CiteGuard is an LLM-based Agent that extends CiteAgent with three new actions: find_in_text (full-text paper search), ask_for_more_context (retrieval of context from source papers), and search_text_snippet (cross-paper full-text snippet search). It supports iterative retrieval to recommend multiple references.

Key Designs

  1. Expanded Retrieval Action Set:

    • Function: Provides deeper evidence compared to titles and abstracts.
    • Mechanism: Introduces find_in_text (searching queries within a specific full-text paper), ask_for_more_context (retrieving 3 paragraphs preceding and following an excerpt), and search_text_snippet (searching full-text snippets across databases).
    • Design Motivation: Citation relationships are often embedded within the body of a paper; relying exclusively on titles and abstracts can lead to misjudgments.
  2. Iterative Retrieval for Multi-citation Recommendation:

    • Function: Recommends multiple relevant references.
    • Mechanism: Each execution recommends one reference, and subsequent runs exclude previously selected papers to search for new ones. Redundant recommendations are avoided by filtering against the selected set \(E_k\).
    • Design Motivation: Many academic claims comprise multiple valid citations, making a single reference insufficient.
  3. Cross-domain Generalization:

    • Function: Evaluates the usability of the method in fields beyond Computer Science.
    • Mechanism: Collected the CiteMulti extension benchmark, covering Biomedicine, Physics, and Mathematics, as well as long-paragraph scenarios.
    • Design Motivation: To verify the generalizability of the proposed method.

Loss & Training

No model training is involved.
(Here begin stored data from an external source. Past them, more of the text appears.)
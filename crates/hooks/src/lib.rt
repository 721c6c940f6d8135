//! Hooks: commands that muttrc gives for folders, messages and mailboxes.
//! Add them by `Hooks::add_folder`, `add_message` and `add_save`; `Hooks::for_folder` gives the
//! commands of a folder.
#![tactic(auto)]

mod command;
mod hooks;

pub use command::{HookCommand, HookCommands, PatternHook, PatternHooks};
pub use hooks::Hooks;
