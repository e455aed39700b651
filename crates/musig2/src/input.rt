// MuSig2 of an input, by its own number: a participant's nonce and signature, and the lists of participants.
ghost use Rattle.std.specs.Prelude.{◌≡◌};
ghost use Rattle.format.specs.Tables.{held_input};
ghost use Rattle.format.specs.Fields.{pub_nonce, partial_sig, input_participants, participant_count, participant};
ghost use Rattle.format.specs.Told.{told_looked, told_numbered};

use crate::{joined_lookup, key_fits, musig_lookup, nth_participant, participant_count};
use format::{
    PSBT_IN_MUSIG2_PARTIAL_SIG, PSBT_IN_MUSIG2_PARTICIPANT_PUBKEYS, PSBT_IN_MUSIG2_PUB_NONCE, Part,
    Psbt, PsbtError,
};
use lookup::Wanted;

// The public nonce of a participant; an empty leaf hash is left out.
pub fn get_musig2_pub_nonce(
    file: &[u8],
    pairs: &[u32],
    maps: &[u32],
    psbt: Psbt,
    i: u64,
    participant: &[u8],
    aggregate: &[u8],
    leaf: &[u8],
) -> Result<Option<Part>, PsbtError>
    ensures { told_looked result ≡ told_looked (pub_nonce file.now participant.now aggregate.now leaf.now
        (held_input file.now pairs.now maps.now psbt i)) }
{
    let m = fitness::fit_input(file, pairs, maps, psbt, i)?;
    musig_lookup(
        file,
        pairs,
        m,
        PSBT_IN_MUSIG2_PUB_NONCE,
        66,
        participant,
        aggregate,
        leaf,
    )
}

// The partial signature of a participant.
pub fn get_musig2_partial_sig(
    file: &[u8],
    pairs: &[u32],
    maps: &[u32],
    psbt: Psbt,
    i: u64,
    participant: &[u8],
    aggregate: &[u8],
    leaf: &[u8],
) -> Result<Option<Part>, PsbtError>
    ensures { told_looked result ≡ told_looked (partial_sig file.now participant.now aggregate.now leaf.now
        (held_input file.now pairs.now maps.now psbt i)) }
{
    let m = fitness::fit_input(file, pairs, maps, psbt, i)?;
    musig_lookup(
        file,
        pairs,
        m,
        PSBT_IN_MUSIG2_PARTIAL_SIG,
        32,
        participant,
        aggregate,
        leaf,
    )
}

// The list of participants under an aggregate key and perhaps a leaf hash.
pub fn get_musig2_participant_pubkeys(
    file: &[u8],
    pairs: &[u32],
    maps: &[u32],
    psbt: Psbt,
    i: u64,
    aggregate: &[u8],
    leaf: &[u8],
) -> Result<Option<Part>, PsbtError>
    ensures { told_looked result ≡ told_looked (input_participants file.now aggregate.now leaf.now
        (held_input file.now pairs.now maps.now psbt i)) }
{
    let m = fitness::fit_input(file, pairs, maps, psbt, i)?;
    if !key_fits(aggregate, leaf) {
        return Err(PsbtError::BadValue);
    }
    joined_lookup(
        file,
        pairs,
        m,
        Wanted::KeyList,
        PSBT_IN_MUSIG2_PARTICIPANT_PUBKEYS,
        &file[..0],
        aggregate,
        leaf,
    )
}

// How many they are.
pub fn get_musig2_participant_count(
    file: &[u8],
    pairs: &[u32],
    maps: &[u32],
    psbt: Psbt,
    i: u64,
    aggregate: &[u8],
    leaf: &[u8],
) -> Result<Option<u64>, PsbtError>
    ensures { told_numbered result ≡ told_numbered (participant_count (input_participants file.now aggregate.now leaf.now
        (held_input file.now pairs.now maps.now psbt i))) }
{
    let list = get_musig2_participant_pubkeys(file, pairs, maps, psbt, i, aggregate, leaf)?;
    Ok(participant_count(list))
}

// Participant number `n` of that list.
pub fn get_musig2_participant(
    file: &[u8],
    pairs: &[u32],
    maps: &[u32],
    psbt: Psbt,
    i: u64,
    aggregate: &[u8],
    leaf: &[u8],
    n: usize,
) -> Result<Option<Part>, PsbtError>
    ensures { told_looked result ≡ told_looked (participant n (input_participants file.now aggregate.now leaf.now
        (held_input file.now pairs.now maps.now psbt i))) }
{
    let list = get_musig2_participant_pubkeys(file, pairs, maps, psbt, i, aggregate, leaf)?;
    nth_participant(file, list, n)
}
The Agent utilizes GPT-4o or DeepSeek-R1 as the backbone model.

Key Experimental Results

Main Results

CiteME Benchmark Results

Method Accuracy (All Difficulties)
CiteAgent + GPT-4o 35.4%
CiteGuard + GPT-4o 45.4% (+10pp)
CiteGuard + DeepSeek-R1 68.1%
Human Performance 69.2%

Ablation Study

  • CiteGuard identifies alternative valid citations not covered by the baseline.
  • The new retrieval actions (especially find_in_text) contribute most significantly to performance gains.
  • Cross-domain experiments demonstrate the potential for generalization.

Key Findings

  • Full-text search capability is essential for citation validation.
  • The accuracy of 68.1%, which is close to human performance, proves the effectiveness of the method.
  • LLM-as-a-Judge is unreliable for citation validation and requires retrieval augmentation.

Highlights & Insights

  • Addresses a real pain point in scientific writing with high practical value.
  • Achieving performance close to humans represents a significant milestone.
  • The expanded CiteMulti benchmark fills the gap in cross-domain evaluation.

Limitations & Future Work

  • Dependency on the Semantic Scholar API may limit coverage in certain domains.
  • Full-text search requires papers to be accessible, which may not be possible for all publications.
  • Iterative retrieval increases inference costs.
  • Future work may explore integrating the method into academic writing workflows.
  • The extension of CiteAgent reveals the critical value of full-text searching.
  • Provides a practical tool for quality control in scientific citations.

Rating

  • Novelty: ⭐⭐⭐⭐ Full-text search and iterative multi-citation recommendation are practical innovations.
  • Experimental Thoroughness: ⭐⭐⭐⭐ Cross-domain evaluation + manual annotation + multi-model comparison.
  • Writing Quality: ⭐⭐⭐⭐ Clear problem definition and sound experimental design.